■ **Exercise aim**: Copy out every line of the records where the string "ToWrite" occurs.

--- Provided entries Enclosed Below ---

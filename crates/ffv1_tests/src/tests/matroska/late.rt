//! Tracks that stand behind Clusters.

use super::written_example::{EXAMPLE, FRAME};
use ffv1_doubles::{Scarce, SoughtReader};
use ffv1_engine::{Fault, Profile};
use ffv1_files::{FileReader, Scope};
use ffv1_info::info;
use ffv1_outline::Form;
use ffv1_reads::FileFault;
use ffv1_wire::{AgainIn, FromFile, FromRead, ToWrite};
use std::alloc::{Allocator, Global};

/// The smallest file, its Cluster before its Tracks too: the Cluster has 46 bytes.
fn late() -> [u8; 445] {
    let mut file = [0u8; 445];
    file[..200].copy_from_slice(&EXAMPLE[..200]);
    file[50..52].copy_from_slice(b"\x01\x89");
    file[200..246].copy_from_slice(&EXAMPLE[308..354]);
    file[246..].copy_from_slice(&EXAMPLE[200..]);
    file
}

/// The same, without the last byte of its first Cluster and all behind it.
fn cut() -> [u8; 245] {
    let mut file = [0u8; 245];
    file[..200].copy_from_slice(&EXAMPLE[..200]);
    file[50..52].copy_from_slice(b"\x01\x89");
    file[200..].copy_from_slice(&EXAMPLE[308..353]);
    file
}

/// The smallest file without its Tracks.
fn lacking() -> [u8; 291] {
    let mut file = [0u8; 291];
    file[..200].copy_from_slice(&EXAMPLE[..200]);
    file[50..52].copy_from_slice(b"\x00\xEF");
    file[200..].copy_from_slice(&EXAMPLE[308..]);
    file
}

/// How many frames a file gives, how many bytes come before the first or before what is at fault,
/// and the fault.
fn frames_of<R: AgainIn, A: Allocator + Copy>(
    alloc: A,
    input: &mut R,
) -> (u32, u64, Option<FileFault>) {
    let mut offset = 0;
    let mut reader = match FileReader::open_located(alloc, Scope::Whole, input, &mut offset) {
        Ok(reader) => reader,
        Err(fault) => return (0, offset, Some(fault)),
    };
    let before = reader.offset();
    let mut frame = Vec::new(alloc);
    let mut count = 0u32;
    for _ in 0..9u32 {
        match reader.next_frame(input, &mut frame) {
            Ok(true) => count = count.saturating_add(u32::from(frame.as_slice() == FRAME)),
            Ok(false) => return (count, before, None),
            Err(fault) => return (count, before, Some(fault)),
        }
    }
    (count, before, None)
}

/// The same of a file that can be sought in so many times.
fn sought(alloc: Global, file: &[u8], seeks: usize) -> (u32, u64, Option<FileFault>) {
    let mut input = FromFile::new(SoughtReader::new(file, seeks), true);
    frames_of(alloc, &mut input)
}

/// A file gives the frames of both Clusters: it begins again twice.
#[test]
fn clusters_before_tracks(rt: HostRuntime) {
    assert!(rt; sought(rt.alloc(), &late(), 2) == (2, 212, None));
}

/// A pipe is refused, and so is what says that it can't begin again: where the Cluster begins.
#[test]
fn once_only(rt: HostRuntime) {
    let file = late();
    let refused = (0, 200, Some(FileFault::NoTracks));
    assert!(rt; frames_of(rt.alloc(), &mut FromRead::new(file.as_slice())) == refused);
    let mut input = FromFile::new(SoughtReader::new(&file, 2), false);
    assert!(rt; frames_of(rt.alloc(), &mut input) == refused);
}

/// A file whose Tracks stand first is read once: it is not sought in.
#[test]
fn tracks_before_clusters(rt: HostRuntime) {
    assert!(rt; sought(rt.alloc(), &EXAMPLE, 0) == (1, 320, None));
}

/// A file that can't begin again, at first or behind its Tracks, is a failed read.
#[test]
fn failing_seeks(rt: HostRuntime) {
    assert!(rt; sought(rt.alloc(), &late(), 0) == (0, 0, Some(FileFault::Read)));
    assert!(rt; sought(rt.alloc(), &late(), 1) == (0, 0, Some(FileFault::Read)));
}

/// What `info` answers of a reader, and whether what it writes ends with two frames.
fn told<R: AgainIn + Drop>(alloc: Global, input: R) -> (Result<(), Fault>, bool) {
    let mut output = ToWrite::new(Vec::new(alloc));
    let done = info(alloc, Profile::Wide, input, &mut output, Form::Text, true);
    let written = output.into_inner();
    let counted = b"counted_frames      2\ncounted_duration    unknown\n";
    (done, written.as_slice().ends_with(counted))
}

/// `info` reads such a file again from where it stood, behind the bytes that it keeps.
#[test]
fn told_of_clusters_before_tracks(rt: HostRuntime) {
    let file = late();
    let alloc = rt.alloc();
    let sought = FromFile::new(SoughtReader::new(&file, 2), true);
    assert!(rt; told(alloc, sought) == (Ok(()), true));
    let failing = FromFile::new(SoughtReader::new(&file, 1), true);
    assert!(rt; told(alloc, failing) == (Err(Fault::Read), false));
    let pipe = FromRead::new(file.as_slice());
    assert!(rt; told(alloc, pipe) == (Err(Fault::File(FileFault::NoTracks)), false));
}

/// Tracks are sought up to the end of the Segment, and they lack at its first Cluster.
#[test]
fn no_tracks(rt: HostRuntime) {
    assert!(rt; sought(rt.alloc(), &lacking(), 2) == (0, 200, Some(FileFault::NoTracks)));
    assert!(rt; sought(rt.alloc(), &cut(), 2) == (0, 200, Some(FileFault::Truncated)));
}

/// Each request of memory is refused in its turn, those of the second reading too.
#[test]
fn refused_memory(rt: HostRuntime) {
    let file = late();
    let mut refused = 0u32;
    for before in 0..16u64 {
        let heap = Scarce::new(rt.alloc(), before);
        let mut input = FromFile::new(SoughtReader::new(&file, 2), true);
        let (_, _, fault) = frames_of(&heap, &mut input);
        if fault == Some(FileFault::OutOfMemory) {
            refused = refused.saturating_add(1);
        } else {
            assert!(rt; fault == None);
        }
    }
    assert!(rt; 4 < refused && refused < 12);
}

--- End of Enclosed Provided entries ---

■ **Exercise solution**:
use ffv1_wire::{AgainIn, FromFile, FromRead, ToWrite};
    let mut output = ToWrite::new(Vec::new(alloc));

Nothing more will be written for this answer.